Although running speed offers a straightforward index for locomotor performances in many free-ranging animals, it may well not be a suitable measure in slow-moving and heavily protected terrestrial vertebrates such as tortoises. Hard rigid shell offers protection, while at the same time limits movement, imposes relatively short stout limbs, represents a burden and thus affects speed performances. In tortoises, the primary antipredator response involves hiding soft parts of the body into the shell, whereas foraging and other activities essentially depend on their ability to select and reach microhabitats in their natural environment. Traits that reflect the ability of organisms like tortoises to optimise displacements in their complex habitats might not necessarily involve speed. Instead, traits associated with body shape (Ireland and Gans 1972; Bonnet et al. 2001), with decisions to move versus to remain sheltered (Moulherat et al. 2014) or with risk assessment in landscape with uneven topography (Golubović et al. 2013a), may better account for the gross locomotor performances of these slow-moving animals.

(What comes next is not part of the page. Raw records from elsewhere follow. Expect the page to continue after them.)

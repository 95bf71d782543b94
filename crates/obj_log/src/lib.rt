//! The list of a volume's entries and objects: entries become objects in batches, and objects go to the
//! store.
//!
//! Its contract: the entries that are in no object are those of the batch, a seal makes the next object of
//! the first of them, what a collection copied becomes one too, and each sector is found in the log or in an
//! object. It knows no device and no store. It stands on `batcher` for the batch, on `object_uploads` for the
//! objects, on `gc_copier` for what was copied, and on `object_format` for how a copy is written.
#![tactic(auto)]

mod copy;
mod error;
mod laws;
mod obj_log;

pub use error::SealError;
pub use laws::{the_list_stays_a_stream, the_objects_have_an_image};
pub use obj_log::ObjLog;
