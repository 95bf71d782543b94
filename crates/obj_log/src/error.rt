use std::alloc::AllocError;
use thiserror::Error;

/// Why no object was sealed.
#[derive(Clone, Copy, Debug, PartialEq, Eq, Error)]
pub enum SealError {
    /// No entry is in no object yet.
    #[error("there is nothing to seal")]
    Nothing,
    /// 16 objects are on their way to the store.
    #[error("too many objects are on their way to the store")]
    Busy,
    /// Memory ran out.
    #[error("out of memory")]
    OutOfMemory,
}

impl From<AllocError> for SealError {
    ghost use Rattle.std.specs.Prelude.{◌≡◌};
    ghost use Rattle.obj_log.specs.declared.error.SealError.TheVariants.{OutOfMemory};

    ghost from_gives = { λ error e. e ≡ OutOfMemory };

    fn from(_error: AllocError) -> SealError {
        SealError::OutOfMemory
    }
}
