ghost use Rattle.std.specs.Prelude.{◌≡◌, ◌+◌, ◌≤◌, IsTrue, IfOk, OnOk, OnErr, Some, None, is_some};
ghost use Rattle.std.specs.Prelude.{if◌then◌else◌};
ghost use Rattle.lsvd_base.specs.Limits.{is_within_limits, may_transfer};
ghost use Rattle.log_room.specs.Room.{need, free, record_sectors};
ghost use Rattle.object_stream.specs.Stream.{end_at, last_number};
ghost use Rattle.object_stream.specs.Plain.{numbers_of};
ghost use Rattle.plain_volume.specs.Fields.{max_seq, record_refusal, cache_with_record, sealed_with};
ghost use Rattle.plain_disk.specs.State.{created_volume, stream_in, frontier_of, frontier_end};
ghost use Rattle.plain_disk.specs.State.{history_length, logged_entries};
ghost use Rattle.plain_disk.specs.Cache.{kept_commit};
ghost use Rattle.plain_disk.specs.Reads.{look_calls, look_reply, after_look, release_reply};
ghost use Rattle.plain_disk.specs.Reads.{after_plan_release, objects_read};
ghost use Rattle.plain_disk.specs.Entries.{has_room_for, enter_reply, after_entering, flush_reply};
ghost use Rattle.plain_disk.specs.Entries.{after_flush, batch_refusal_of};
ghost use Rattle.plain_disk.specs.Objects.{seal_reply, after_seal, take_reply, after_take, done_reply};
ghost use Rattle.plain_disk.specs.Objects.{after_done, failed_reply, after_failed, status_reply};
ghost use Rattle.plain_disk.specs.Objects.{seal_checkpoint_reply, after_seal_checkpoint};
ghost use Rattle.plain_disk.specs.Checkpoints.{checkpoint_at, checkpoint_after_done, landed_checkpoint};
ghost use Rattle.plain_disk.specs.Checkpoints.{sealed_checkpoint};
ghost use Rattle.plain_disk.specs.Removals.{copies_from, is_removable, to_remove, take_remove_reply};
ghost use Rattle.plain_disk.specs.Removals.{after_take_remove, remove_done_reply, after_remove_done};
ghost use Rattle.plain_disk.specs.Removals.{remove_failed_reply, after_remove_failed, absent_of};
ghost use Rattle.plain_disk.specs.declared.event.PlainReply.TheVariants.{NoRoom, Sealed};
ghost use Rattle.plain_disk.specs.Log.{room_in};
ghost use Rattle.plain_disk.specs.Step.{plain_reply, plain_after};
ghost use Rattle.plain_disk.specs.Stops.{stopping_after_calls, recovered_number, recovered_end, kept_count};
ghost use Rattle.plain_disk.specs.Stops.{found_with, mounted_kept, mounted_lost};

mod collecting;

use crate::cache::CacheDevice;
use crate::checkpoints::{Checkpoint, last_checkpoint, last_landed};
use crate::history::{MAX_ENTRIES, count_data_sectors, read_history};
use crate::landed::landed_after;
use crate::pins::without_pins;
use crate::plans::objects_read;
use crate::puts::{frontier, is_started, is_started_checkpoint, lowest_ready, mark, remove};
use crate::removals::{absent_of, has, is_out, takes_from};
use crate::sealing::sealed_count;
use crate::writers::{last_writers, run_count};
use log_room::record_sectors;
use lsvd_base::{Entry, Geometry, in_range};
use object_stream::{Content, CopiedSectors, PlainStream, StreamObject};
use plain_disk::{ObjectNumbers, PendingWrite, PlainEvent, PlainReply, PlannedRead};
use std::alloc::{AllocError, Global};
use std::marker::Model;
use upload_window::OpenObject;

// The most objects on their way to the store.
const MAX_OPEN: usize = 16;

/// A volume that is the list of its entries and of its objects. A read costs as much as the history is long.
#[derive(Drop)]
pub struct PlainVolume {
    geometry: Geometry,
    stream: PlainStream,
    /// The number of the last object.
    last: u64,
    uploads: Vec<OpenObject>,
    /// The newest one that is acknowledged.
    checkpoint: Checkpoint,
    /// The sectors that the plan of a copy takes which is out.
    plan: Option<CopiedSectors>,
    pins: Vec<u64>,
    removed: Vec<u64>,
    /// The objects that were ever given out for removal.
    given_out: Vec<u64>,
    /// The object whose removal is out.
    removal: Option<u64>,
    /// The objects that holds keep: none, since it is told of no hold.
    held: Vec<u64>,
    cache: CacheDevice,
}
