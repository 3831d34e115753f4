// "Each step of a chain needs a label that the earlier task writes and the next one reads": the search over chain steps
// and labels (document 01, Table image).
#![tactic(auto)]

ghost use Rattle.std.specs.Prelude.{◌≡◌, ◌+◌, ◌*◌, ◌<◌, ◌≤◌, ◌^◌, IfOk};
ghost use Rattle.chain_steps.specs.Linked.{Falling, InEachSearched};
ghost use Rattle.chain_steps.specs.Parts.{StepsTaken};

use fields::ranged;
use reader::FieldReader;
use table::{Refusal, Refused, marked};

pub mod links;

use links::Links;

// The task numbers of a chain of this length, with the search for each step's label: a row that holds 0 past them.
pub fn read_steps(
    reader: &mut FieldReader<'_>,
    tasks: u32,
    readers: &[u32; 64],
    links: &Links,
    length: usize,
) -> Result<[u32; 8], Refused>
    requires { (reader.old.at < 2 ^ 34) × (length ≤ 8) × Falling links.now }
    ensures taken { InEachSearched tasks readers.now links.now
        (λ table. StepsTaken reader.old.image.now reader.old.at table length result) }
    ensures on { IfOk result (λ row. reader.new.at ≡ reader.old.at + 5 * length) }
    ensures image { reader.new.image ≡ reader.old.image }
{
    let mut row = [0; 8];
    // document 01 asks for this form: a search over steps and labels, left by a label
    'steps: for j in 0..length {
        let place = reader.place();
        let task = ranged(reader, 5, 0..tasks, Refusal::Chain)?;
        row[j] = task;
        if j == 0 {
            continue 'steps; // the first task ends no step
        }
        // the labels that the earlier task writes, from the last back; the one before is looked up first, so that the compiled
        // code does not wait for the test
        let mut label = links.latest[row[j - 1] as usize];
        while let Some(l) = label {
            label = links.before[usize::from(l)];
            if marked(readers[usize::from(l)], u64::from(task)) {
                continue 'steps;
            }
        }
        return Err(Refused {
            refusal: Refusal::Chain,
            place,
        });
    }
    Ok(row)
}
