// The labels of a table linked by their writers, so that the search for a step's label meets those of one task only.
ghost use Rattle.std.specs.Prelude.{◌≤◌};
ghost use Rattle.chain_steps.specs.Linked.{Linked, Falling};

// Of each task the last label that it writes, and of each label the one before it that the same task writes, where there
// is one. A label is below 64: a `u8` keeps both arrays small.
#[derive(Clone, Copy)]
pub struct Links {
    pub latest: [Option<u8>; 32],
    pub before: [Option<u8>; 64],
}

impl Links {
    // Label after label: the one before it is the last that its writer was met with, and it is now the last itself. A
    // writer past the 32 tasks is no chain's.
    pub fn of(writer: &[u32; 64], labels: usize) -> Links
        requires { labels ≤ 64 }
        ensures linked { Linked writer.now labels result }
        ensures falling { Falling result }
    {
        let mut links = Links {
            latest: [None; 32],
            before: [None; 64],
        };
        for l in 0..labels {
            let w = writer[l];
            if w < 32 {
                links.before[l] = links.latest[w as usize].replace(l as u8);
            }
        }
        links
    }
}
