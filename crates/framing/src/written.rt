// Head and frames, put one after the other.
ghost use Rattle.std.specs.Prelude.{ℕ, ◌<◌, ◌≤◌, ◌^◌, [], ◌∷◌, ◌++◌, length};
ghost use Rattle.lists.specs.Lists.{each_of};
ghost use Rattle.bits.specs.Packing.{bits};
ghost use Rattle.copies.specs.Copies.{frames_of};
ghost use Rattle.copies.specs.Listing.{copy_fields, frame_fields};
ghost use Rattle.instants.specs.Due.{writes_in, reads_in};
ghost use Rattle.instants.specs.Puts.{Puts};
ghost use Rattle.frames.specs.Counts.{RightRound};
ghost use Rattle.frames.specs.Ready.{MasksOf, Ready};

use frames::instant::Instant;
use frames::walk::Frames;
use instants::write_copies;
use label_masks::LabelMasks;
use packing::Pen;
use table::Table;

// "core 3, H 20, frame count 20"
pub(crate) fn write_head(bytes: &mut [u8], core: u32, round: u32, frames: u32) -> Pen
    ensures { core < 2 ^ 3 → round < 2 ^ 20 → frames < 2 ^ 20
        → Puts bytes.old bytes.new (record { at = 0; filled = 0; word = 0 }) result
        (bits 3 core ∷ bits 20 round ∷ bits 20 frames ∷ []) }
{
    let first = Pen::new().put(bytes, 3, core);
    let second = first.put(bytes, 20, round);
    second.put(bytes, 20, frames)
}

// "start 20, copy count 12, and each copy"
fn write_frame(bytes: &mut [u8], pen: Pen, start: u32, due: &Instant, table: &Table) -> Pen
    ensures { start < 2 ^ 20 → due.now.copies < 2 ^ 12
        → Puts bytes.old bytes.new pen result
        (bits 20 start ∷ bits 12 due.now.copies ∷ each_of (writes_in table.now.writer due.now.written
        ++ reads_in table.now.writer table.now.readers due.now.serves due.now.read) copy_fields) }
{
    let first = pen.put(bytes, 20, start);
    let second = first.put(bytes, 12, due.copies);
    write_copies(bytes, second, table, &due.serves, due.written, due.read)
}

// Frame after frame.
pub(crate) fn write_frames(
    bytes: &mut [u8],
    pen: Pen,
    round: u32,
    table: &Table,
    masks: &LabelMasks,
    publishing: &mut [u32],
    reading: &mut [u32],
) -> Pen
    requires { length reading.old ≤ 1024 }
    ensures { (core : ℕ) → RightRound table.now round → MasksOf table.now masks.now
        → Ready table.now core 0 publishing.old reading.old
        → Puts bytes.old bytes.new pen result (each_of (frames_of table.now core) frame_fields) }
{
    let mut ink = pen;
    for (start, due) in Frames::new(round, table, masks, publishing, reading) {
        ink = write_frame(bytes, ink, start, &due, table);
    }
    ink
}
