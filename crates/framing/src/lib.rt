// The listing of a core, written into lent bytes (document 01, Copies and frames: "A listing: core 3, H 20, frame count
// 20; then each frame by rising time: start 20, copy count 12, and each copy").
#![tactic(auto)]

ghost use Rattle.std.specs.Prelude.{◌≤◌, length};
ghost use Rattle.frames.specs.Counts.{RightRound};
ghost use Rattle.frames.specs.Ready.{MasksOf, Ready};
ghost use Rattle.framing.specs.Written.{WritesListing};

mod written;

use label_masks::LabelMasks;
use table::Table;
use written::{write_frames, write_head};

// The listing of a core of a table that has so many frames there, by its counters at tick 0; of any other table the bytes
// may hold anything, and it ends. It answers how many bytes the listing fills.
pub fn write_listing(
    bytes: &mut [u8],
    core: u32,
    round: u32,
    frames: u32,
    table: &Table,
    masks: &LabelMasks,
    publishing: &mut [u32],
    reading: &mut [u32],
) -> usize
    requires { length reading.old ≤ 1024 }
    ensures { RightRound table.now round → MasksOf table.now masks.now
        → Ready table.now core 0 publishing.old reading.old
        → WritesListing table.now core frames bytes.old bytes.new result }
{
    let head = write_head(bytes, core, round, frames);
    let pen = write_frames(bytes, head, round, table, masks, publishing, reading);
    pen.finish(bytes)
}
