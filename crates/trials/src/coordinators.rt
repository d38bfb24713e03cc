//! A writer that is registered once and gathered.

use crate::page::Page;
use crate::stopped::{Done, Stopped};
use component_doc::{Metas, Selection};
use coordinator::{Coordinator, Effects};
use set_agenda::Kind;
use std::alloc::Global;
use vss_names::{MOST_WRITERS, Text};
use writer_calls::Answer;
use writer_meta::Metadata;

/// Registers a writer of these metadata by the name `db`.
fn register(alloc: Global, page: &mut Page, coordinator: &mut Coordinator, db: &Metadata) -> Done {
    if coordinator.writers() >= MOST_WRITERS {
        return Err(Stopped);
    }
    let name = Text::copy(alloc, b"db")?;
    let copy = db.copy(alloc)?;
    page.show("registered", &coordinator.register(alloc, &name, copy));
    Ok(())
}

/// All that a lone writer has is chosen.
fn chosen(alloc: Global, db: &Metadata) -> Result<Selection, Stopped> {
    let mut items = Vec::new(alloc);
    items.push(Some(db))?;
    let known = Metas::of(items);
    Ok(Selection::all(alloc, &known)?)
}

/// A Gather begins over the writers of a selection.
fn begin(
    alloc: Global,
    coordinator: &mut Coordinator,
    all: &Selection,
) -> Result<Effects, Stopped> {
    if coordinator.writers() != all.writers() || coordinator.posts() >= 1_000 {
        return Err(Stopped);
    }
    if coordinator.open_group().is_some() {
        return Err(Stopped);
    }
    Ok(coordinator.begin_agenda(alloc, Kind::Gather, 1, &[], all, 0)?)
}

/// The lone writer answers the order with number 1.
fn show_answer(page: &mut Page, coordinator: &mut Coordinator) {
    if coordinator.writers() == 0 || coordinator.posts() >= 1_000 {
        return;
    }
    page.show("state", &coordinator.row(0).state);
    if coordinator.is_on_time(0) {
        page.show("limit", &coordinator.until_limit(0));
    }
    page.show("answered", &coordinator.answered(0, 1, Answer::Ok, 0));
    if coordinator.writers() > 0 {
        page.show("state", &coordinator.row(0).state);
    }
}

/// A writer with the metadata of a document is registered, and again, and gathered.
pub fn show_coordinator(alloc: Global, page: &mut Page, document: &str) -> Done {
    let Ok(db) = Metadata::from_json(alloc, document.as_bytes()) else {
        return Err(Stopped);
    };
    let mut coordinator = Coordinator::new(alloc)?;
    register(alloc, page, &mut coordinator, &db)?;
    register(alloc, page, &mut coordinator, &db)?;
    let all = chosen(alloc, &db)?;
    page.show("begun", &begin(alloc, &mut coordinator, &all)?);
    show_answer(page, &mut coordinator);
    Ok(())
}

In addition, locomotor performances may show some degree of sexual dimorphism (SD) because they influence reproductive success differently in females and males (Kelly et al. 2008; Kaliontzopoulou et al. 2012; Makiguchi et al. 2016). Compared to females, males tend to exhibit higher locomotor performances and more developed associated morphological attributes (Miles et al. 2007). Overall, morpho-functional and behavioural characteristics that determine locomotor performances are expected to vary among individuals, between sexes and among populations. Differences among individuals and between sexes have been documented in many species (Le Galliard et al. 2004; Oufiero and Garland 2007), but inter-population studies are relatively scarce (Huey et al. 1990; Sinervo and Huey 1990; Miles 1994).

In this paper, we compared the locomotor performances in adult female and male Hermann’s tortoises from six populations spread across distant areas and contrasted habitats. We measured three traits which are not restricted by running speed—muscular strength, time needed for overturning and time for jumping from a high step—which are important for tortoises to cope with different substrates and navigate in their natural habitat (Golubović et al. 2013a, b, 2014). We examined three main questions: do locomotor performances and antipredator behaviour differ between the sexes? Do they vary with habitat characteristics such as ruggedness of landscape, habitat type and presence of predators? Are there seasonal changes in measured performances?

Material and methods

Studied animals

The Hermann’s tortoise (Testudo hermanni) is a medium-sized tortoise; females are typically larger sex, and they have relatively narrower shell openings compared to males (Đorđević et al. 2011). Hermann’s tortoises occupy various habitats including cultivated plains, open Mediterranean scrublands, closed forests and hilly areas (Longepierre et al. 2001). In adults, mean distances travelled per day range from 31 to 80 m (Hailey 1989; Rozylowicz and Popescu 2012; Sibeaux et al. 2016). During displacements, tortoises must cross various obstacles such as shrubs, logs, boulders and steep slopes. However, hindrances to movement vary greatly among habitats and thus among populations (Golubović et al. 2013a, b, 2014). For example, thick bushes in dense shrub areas slow down progression and pose specific locomotor challenges to tortoises compared to steep, open areas with rocks, where individuals must climb or jump from steps with a risk to be flipped back on their dorsum (Golubović et al. 2013b, 2014).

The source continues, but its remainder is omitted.